EXERCISE PROMPT> When copying the data, keep every line exactly the same.

EXTRACTED DATA>
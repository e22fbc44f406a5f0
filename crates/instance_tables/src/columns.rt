//! The tables of an instance, and their columns.

use std::fmt;

/// A table of an instance.
#[derive(Clone, Copy, Debug, PartialEq, Drop)]
pub enum Table {
    /// The length of a slot, the days, the weights and the most duties of a shift on a day: one row.
    Settings,
    /// The wanted employees: a row for each time of each day.
    Need,
    /// The shift types: a row for each.
    Types,
    /// The break rules that types name: a row for each.
    Rules,
}

/// A column of a table.
#[derive(Clone, Copy, Debug, PartialEq, Drop)]
pub enum Column {
    /// The minutes of a slot.
    SlotMinutes,
    /// The days of the planning period.
    Days,
    /// What an employee too many in a slot costs.
    Excess,
    /// What an employee too few in a slot costs.
    Shortage,
    /// What a shift that is used costs.
    Shift,
    /// The most duties of one shift on one day.
    MaxHeads,
    /// A day, counted from 1.
    Day,
    /// The time of day from which on a need holds.
    Time,
    /// The least wanted employees.
    Need,
    /// The most wanted employees.
    NeedMax,
    /// The name of a type.
    Name,
    /// The earliest time at which its shifts start.
    FirstStart,
    /// The latest time at which they start.
    LastStart,
    /// How long its shortest shift is.
    Shortest,
    /// How long its longest shift is.
    Longest,
    /// The name of a break rule.
    Rule,
    /// How long a shift lasts before its first break, at least.
    Lead,
    /// How long it lasts behind its last break, at least.
    Tail,
    /// How long work without a break lasts, at least.
    WorkMin,
    /// How long work without a break lasts, at most.
    WorkMax,
    /// Behind how much work at most any break may come.
    LongWork,
    /// How long a break behind more work is, at least.
    LongRest,
    /// How long a break is, at least.
    SizeMin,
    /// How long a break is, at most.
    SizeMax,
    /// How long all breaks of a shift are together, by the length of the shift.
    Totals,
    /// The lunches that shifts have, by the length of the shift.
    Lunches,
    /// How long whoever comes back from a break doesn't count yet.
    Resettle,
}

const OF_SETTINGS: &[Column] = &[
    Column::SlotMinutes,
    Column::Days,
    Column::Excess,
    Column::Shortage,
    Column::Shift,
    Column::MaxHeads,
];

const OF_NEED: &[Column] = &[Column::Day, Column::Time, Column::Need, Column::NeedMax];

const OF_TYPES: &[Column] = &[
    Column::Name,
    Column::FirstStart,
    Column::LastStart,
    Column::Shortest,
    Column::Longest,
    Column::Rule,
];

const OF_RULES: &[Column] = &[
    Column::Rule,
    Column::Lead,
    Column::Tail,
    Column::WorkMin,
    Column::WorkMax,
    Column::LongWork,
    Column::LongRest,
    Column::SizeMin,
    Column::SizeMax,
    Column::Totals,
    Column::Lunches,
    Column::Resettle,
];

impl Table {
    /// The name of its file.
    pub fn file_name(self) -> &'static str {
        match self {
            Table::Settings => "settings.csv",
            Table::Need => "need.csv",
            Table::Types => "types.csv",
            Table::Rules => "rules.csv",
        }
    }

    /// Its columns.
    pub fn columns(self) -> &'static [Column] {
        match self {
            Table::Settings => OF_SETTINGS,
            Table::Need => OF_NEED,
            Table::Types => OF_TYPES,
            Table::Rules => OF_RULES,
        }
    }

    /// Whether it must have a column: a break rule may leave out all parts that limit nothing, and needs the most wanted employees.
    pub(crate) fn must_have(self, column: Column) -> bool {
        match self {
            Table::Rules => column == Column::Rule,
            _ => column != Column::NeedMax,
        }
    }

    /// The column of it that has a name, if one has.
    pub(crate) fn column_named(self, name: &str) -> Option<Column> {
        for column in self.columns() {
            if column.is_named(name) {
                return Some(*column);
            }
        }
        None
    }
}

impl fmt::Display for Table {
    fn fmt<W: fmt::Write>(&self, f: &mut fmt::Formatter<W>) -> fmt::Result {
        f.write_str(self.file_name())
    }
}

impl Column {
    /// Its name.
    pub fn name(self) -> &'static str {
        match self {
            Column::Excess | Column::Shortage | Column::Shift => self.weight_name(),
            Column::SlotMinutes => "slot_minutes",
            Column::Days => "days",
            Column::MaxHeads => "max_heads",
            Column::Day => "day",
            Column::Time => "time",
            Column::Need => "need",
            Column::NeedMax => "need_max",
            Column::Name => "name",
            Column::FirstStart => "first_start",
            Column::LastStart => "last_start",
            Column::Shortest => "shortest",
            Column::Longest => "longest",
            _ => self.rule_name(),
        }
    }

    /// The name of a weight.
    fn weight_name(self) -> &'static str {
        match self {
            Column::Excess => "excess",
            Column::Shortage => "shortage",
            _ => "shift",
        }
    }

    /// The name of a part of a break rule, or of the rule.
    fn rule_name(self) -> &'static str {
        match self {
            Column::Lead => "lead",
            Column::Tail => "tail",
            Column::WorkMin => "work_min",
            Column::WorkMax => "work_max",
            Column::LongWork => "long_work",
            Column::LongRest => "long_rest",
            Column::SizeMin => "size_min",
            Column::SizeMax => "size_max",
            Column::Totals => "totals",
            Column::Lunches => "lunches",
            Column::Resettle => "resettle",
            _ => "rule",
        }
    }

    /// Whether a text is its name, in small or capital letters, with `_`, a space or `-` between two words.
    fn is_named(self, text: &str) -> bool {
        let name = self.name();
        name.len() == text.len()
            && name
                .bytes()
                .zip(text.bytes())
                .all(|(wanted, found)| is_letter_of_name(wanted, found))
    }
}

/// Whether a byte may stand for one of a name.
fn is_letter_of_name(wanted: u8, found: u8) -> bool {
    wanted == found.to_ascii_lowercase() || wanted == b'_' && (found == b' ' || found == b'-')
}

impl fmt::Display for Column {
    fn fmt<W: fmt::Write>(&self, f: &mut fmt::Formatter<W>) -> fmt::Result {
        f.write_str(self.name())
    }
}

ANSWER SECTION>
repository e22fbc44f406a5f0
filename crates/instance_tables/src/columns.rt
//! The tables of an instance, and their columns.

use std::fmt;

/// A table of an instance.
#[derive(Clone, Copy, Debug, PartialEq, Drop)]
pub enum Table {
    /// The length of a slot, the days, the weights and the most duties of a shift on a day: one row.
    Settings,
    /// The wanted employees: a row for each time of each day.
    Need,
    /// The shift types: a row for each.
    Types,
    /// The break rules that types name: a row for each.
    Rules,
}

/// A column of a table.
#[derive(Clone, Copy, Debug, PartialEq, Drop)]
pub enum Column {
    /// The minutes of a slot.
    SlotMinutes,
    /// The days of the planning period.
    Days,
    /// What an employee too many in a slot costs.
    Excess,
    /// What an employee too few in a slot costs.
    Shortage,
    /// What a shift that is used costs.
    Shift,
    /// The most duties of one shift on one day.
    MaxHeads,
    /// A day, counted from 1.
    Day,
    /// The time of day from which on a need holds.
    Time,
    /// The least wanted employees.
    Need,
    /// The most wanted employees.
    NeedMax,
    /// The name of a type.
    Name,
    /// The earliest time at which its shifts start.
    FirstStart,
    /// The latest time at which they start.
    LastStart,
    /// How long its shortest shift is.
    Shortest,
    /// How long its longest shift is.
    Longest,
    /// The name of a break rule.
    Rule,
    /// How long a shift lasts before its first break, at least.
    Lead,
    /// How long it lasts behind its last break, at least.
    Tail,
    /// How long work without a break lasts, at least.
    WorkMin,
    /// How long work without a break lasts, at most.
    WorkMax,
    /// Behind how much work at most any break may come.
    LongWork,
    /// How long a break behind more work is, at least.
    LongRest,
    /// How long a break is, at least.
    SizeMin,
    /// How long a break is, at most.
    SizeMax,
    /// How long all breaks of a shift are together, by the length of the shift.
    Totals,
    /// The lunches that shifts have, by the length of the shift.
    Lunches,
    /// How long whoever comes back from a break doesn't count yet.
    Resettle,
}

const OF_SETTINGS: &[Column] = &[
    Column::SlotMinutes,
    Column::Days,
    Column::Excess,
    Column::Shortage,
    Column::Shift,
    Column::MaxHeads,
];

const OF_NEED: &[Column] = &[Column::Day, Column::Time, Column::Need, Column::NeedMax];

const OF_TYPES: &[Column] = &[
    Column::Name,
    Column::FirstStart,
    Column::LastStart,
    Column::Shortest,
    Column::Longest,
    Column::Rule,
];

const OF_RULES: &[Column] = &[
    Column::Rule,
    Column::Lead,
    Column::Tail,
    Column::WorkMin,
    Column::WorkMax,
    Column::LongWork,
    Column::LongRest,
    Column::SizeMin,
    Column::SizeMax,
    Column::Totals,
    Column::Lunches,
    Column::Resettle,
];

impl Table {
    /// The name of its file.
    pub fn file_name(self) -> &'static str {
        match self {
            Table::Settings => "settings.csv",
            Table::Need => "need.csv",
            Table::Types => "types.csv",
            Table::Rules => "rules.csv",
        }
    }

    /// Its columns.
    pub fn columns(self) -> &'static [Column] {
        match self {
            Table::Settings => OF_SETTINGS,
            Table::Need => OF_NEED,
            Table::Types => OF_TYPES,
            Table::Rules => OF_RULES,
        }
    }

    /// Whether it must have a column: a break rule may leave out all parts that limit nothing, and needs the most wanted employees.
    pub(crate) fn must_have(self, column: Column) -> bool {
        match self {
            Table::Rules => column == Column::Rule,
            _ => column != Column::NeedMax,
        }
    }

    /// The column of it that has a name, if one has.
    pub(crate) fn column_named(self, name: &str) -> Option<Column> {
        for column in self.columns() {
            if column.is_named(name) {
                return Some(*column);
            }
        }
        None
    }
}

impl fmt::Display for Table {
    fn fmt<W: fmt::Write>(&self, f: &mut fmt::Formatter<W>) -> fmt::Result {
        f.write_str(self.file_name())
    }
}

impl Column {
    /// Its name.
    pub fn name(self) -> &'static str {
        match self {
            Column::Excess | Column::Shortage | Column::Shift => self.weight_name(),
            Column::SlotMinutes => "slot_minutes",
            Column::Days => "days",
            Column::MaxHeads => "max_heads",
            Column::Day => "day",
            Column::Time => "time",
            Column::Need => "need",
            Column::NeedMax => "need_max",
            Column::Name => "name",
            Column::FirstStart => "first_start",
            Column::LastStart => "last_start",
            Column::Shortest => "shortest",
            Column::Longest => "longest",
            _ => self.rule_name(),
        }
    }

    /// The name of a weight.
    fn weight_name(self) -> &'static str {
        match self {
            Column::Excess => "excess",
            Column::Shortage => "shortage",
            _ => "shift",
        }
    }

    /// The name of a part of a break rule, or of the rule.
    fn rule_name(self) -> &'static str {
        match self {
            Column::Lead => "lead",
            Column::Tail => "tail",
            Column::WorkMin => "work_min",
            Column::WorkMax => "work_max",
            Column::LongWork => "long_work",
            Column::LongRest => "long_rest",
            Column::SizeMin => "size_min",
            Column::SizeMax => "size_max",
            Column::Totals => "totals",
            Column::Lunches => "lunches",
            Column::Resettle => "resettle",
            _ => "rule",
        }
    }

    /// Whether a text is its name, in small or capital letters, with `_`, a space or `-` between two words.
    fn is_named(self, text: &str) -> bool {
        let name = self.name();
        name.len() == text.len()
            && name
                .bytes()
                .zip(text.bytes())
                .all(|(wanted, found)| is_letter_of_name(wanted, found))
    }
}

/// Whether a byte may stand for one of a name.
fn is_letter_of_name(wanted: u8, found: u8) -> bool {
    wanted == found.to_ascii_lowercase() || wanted == b'_' && (found == b' ' || found == b'-')
}

impl fmt::Display for Column {
    fn fmt<W: fmt::Write>(&self, f: &mut fmt::Formatter<W>) -> fmt::Result {
        f.write_str(self.name())
    }
}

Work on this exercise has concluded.